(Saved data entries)
Segment Open

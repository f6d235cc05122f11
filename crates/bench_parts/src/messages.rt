//! Messages of the first data set of a configuration: a key frame of its opening row.
ghost use Rattle.std.specs.Prelude.{◌≡◌, ◌<◌, length, IfOk, All, IsSome};
ghost use Rattle.frame_codec.specs.Words.{IsFrameOf};
ghost use Rattle.json_frames.specs.Parts.{IsPartOf, meta_at};

use bench_base::Unmeasured;
use dataset_meta::Meta;
use frame_codec::{Frame, FrameKind};
use json_frames::{JsonMessage, JsonPart, JsonParts, read_json, write_json};
use ps_config::read_config;
use row_words::Row;
use std::alloc::Global;
use ua_values::Text;

/// Writes a message of the configuration's first data set `turns` times, and once more into the bytes; answers its length, 0 where
/// nothing is measured.
#[unsafe(no_mangle)]
pub extern "C" fn bench_json_write(
    alloc: Global,
    turns: u32,
    config: &[u8],
    bytes: &mut [u8],
) -> usize {
    written(alloc, turns, config, bytes).unwrap_or(0)
}

/// Reads a message of the configuration's first data set `turns` times; answers how many parts were read, 0 where nothing is measured.
#[unsafe(no_mangle)]
pub extern "C" fn bench_json_read(alloc: Global, turns: u32, config: &[u8], line: &[u8]) -> usize {
    read(alloc, turns, config, line).unwrap_or(0)
}

fn written(
    alloc: Global,
    turns: u32,
    config: &[u8],
    bytes: &mut [u8],
) -> Result<usize, Unmeasured> {
    let Ok(config) = read_config(alloc, config) else {
        return Err(Unmeasured);
    };
    let metas = config.dataset.as_slice();
    if metas.is_empty() {
        return Err(Unmeasured);
    }
    let message = message_of(alloc, metas)?;
    for _ in 0..turns {
        let _ = write_json(alloc, metas, &message)?;
    }
    let text = write_json(alloc, metas, &message)?;
    if text.len() > bytes.len() {
        return Err(Unmeasured);
    }
    bytes[..text.len()].copy_from_slice(&text);
    Ok(text.len())
}

fn read(alloc: Global, turns: u32, config: &[u8], line: &[u8]) -> Result<usize, Unmeasured> {
    let Ok(config) = read_config(alloc, config) else {
        return Err(Unmeasured);
    };
    let metas = config.dataset.as_slice();
    if metas.is_empty() {
        return Err(Unmeasured);
    }
    let mut parts: usize = 0;
    for _ in 0..turns {
        let Ok(found) = read_json(alloc, metas, &[(1, 0)], line) else {
            return Err(Unmeasured);
        };
        parts = parts.saturating_add(found.parts.as_slice().len());
    }
    Ok(parts)
}

/// A message of one key frame.
fn message_of(alloc: Global, metas: &[Meta]) -> Result<JsonMessage, Unmeasured>
    requires { 0 < length metas.now }
    ensures { IfOk result (λ message. All (IsPartOf metas.now) message.parts) }
{
    let Ok(publisher) = Text::from_bytes(b"5") else {
        return Err(Unmeasured);
    };
    let mut parts = Vec::new(alloc);
    parts.push(JsonPart {
        writer: 1,
        set: 0,
        frame: frame_of(&metas[0]),
    })?;
    Ok(JsonMessage {
        id: 0,
        publisher,
        parts: JsonParts::new(parts),
    })
}

fn frame_of(meta: &Meta) -> Frame
    ensures frame { IsFrameOf meta.now result }
    ensures numbered { IsSome result.number }
    ensures bare_major { result.major ≡ None }
    ensures bare_minor { result.minor ≡ None }
{
    let _fields = meta.fields();
    Frame {
        number: Some(65535),
        kind: FrameKind::Whole(Row::opening()),
        major: None,
        minor: None,
    }
}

Segment Closed

Would you set the entries down again, exactly as they were written?

Answer space
repository f6d235cc05122f11
filename crates/bench_parts/src/messages.rt
//! Messages of the first data set of a configuration: a key frame of its opening row.
ghost use Rattle.std.specs.Prelude.{◌≡◌, ◌<◌, length, IfOk, All, IsSome};
ghost use Rattle.frame_codec.specs.Words.{IsFrameOf};
ghost use Rattle.json_frames.specs.Parts.{IsPartOf, meta_at};

use bench_base::Unmeasured;
use dataset_meta::Meta;
use frame_codec::{Frame, FrameKind};
use json_frames::{JsonMessage, JsonPart, JsonParts, read_json, write_json};
use ps_config::read_config;
use row_words::Row;
use std::alloc::Global;
use ua_values::Text;

/// Writes a message of the configuration's first data set `turns` times, and once more into the bytes; answers its length, 0 where
/// nothing is measured.
#[unsafe(no_mangle)]
pub extern "C" fn bench_json_write(
    alloc: Global,
    turns: u32,
    config: &[u8],
    bytes: &mut [u8],
) -> usize {
    written(alloc, turns, config, bytes).unwrap_or(0)
}

/// Reads a message of the configuration's first data set `turns` times; answers how many parts were read, 0 where nothing is measured.
#[unsafe(no_mangle)]
pub extern "C" fn bench_json_read(alloc: Global, turns: u32, config: &[u8], line: &[u8]) -> usize {
    read(alloc, turns, config, line).unwrap_or(0)
}

fn written(
    alloc: Global,
    turns: u32,
    config: &[u8],
    bytes: &mut [u8],
) -> Result<usize, Unmeasured> {
    let Ok(config) = read_config(alloc, config) else {
        return Err(Unmeasured);
    };
    let metas = config.dataset.as_slice();
    if metas.is_empty() {
        return Err(Unmeasured);
    }
    let message = message_of(alloc, metas)?;
    for _ in 0..turns {
        let _ = write_json(alloc, metas, &message)?;
    }
    let text = write_json(alloc, metas, &message)?;
    if text.len() > bytes.len() {
        return Err(Unmeasured);
    }
    bytes[..text.len()].copy_from_slice(&text);
    Ok(text.len())
}

fn read(alloc: Global, turns: u32, config: &[u8], line: &[u8]) -> Result<usize, Unmeasured> {
    let Ok(config) = read_config(alloc, config) else {
        return Err(Unmeasured);
    };
    let metas = config.dataset.as_slice();
    if metas.is_empty() {
        return Err(Unmeasured);
    }
    let mut parts: usize = 0;
    for _ in 0..turns {
        let Ok(found) = read_json(alloc, metas, &[(1, 0)], line) else {
            return Err(Unmeasured);
        };
        parts = parts.saturating_add(found.parts.as_slice().len());
    }
    Ok(parts)
}

/// A message of one key frame.
fn message_of(alloc: Global, metas: &[Meta]) -> Result<JsonMessage, Unmeasured>
    requires { 0 < length metas.now }
    ensures { IfOk result (λ message. All (IsPartOf metas.now) message.parts) }
{
    let Ok(publisher) = Text::from_bytes(b"5") else {
        return Err(Unmeasured);
    };
    let mut parts = Vec::new(alloc);
    parts.push(JsonPart {
        writer: 1,
        set: 0,
        frame: frame_of(&metas[0]),
    })?;
    Ok(JsonMessage {
        id: 0,
        publisher,
        parts: JsonParts::new(parts),
    })
}

fn frame_of(meta: &Meta) -> Frame
    ensures frame { IsFrameOf meta.now result }
    ensures numbered { IsSome result.number }
    ensures bare_major { result.major ≡ None }
    ensures bare_minor { result.minor ≡ None }
{
    let _fields = meta.fields();
    Frame {
        number: Some(65535),
        kind: FrameKind::Whole(Row::opening()),
        major: None,
        minor: None,
    }
}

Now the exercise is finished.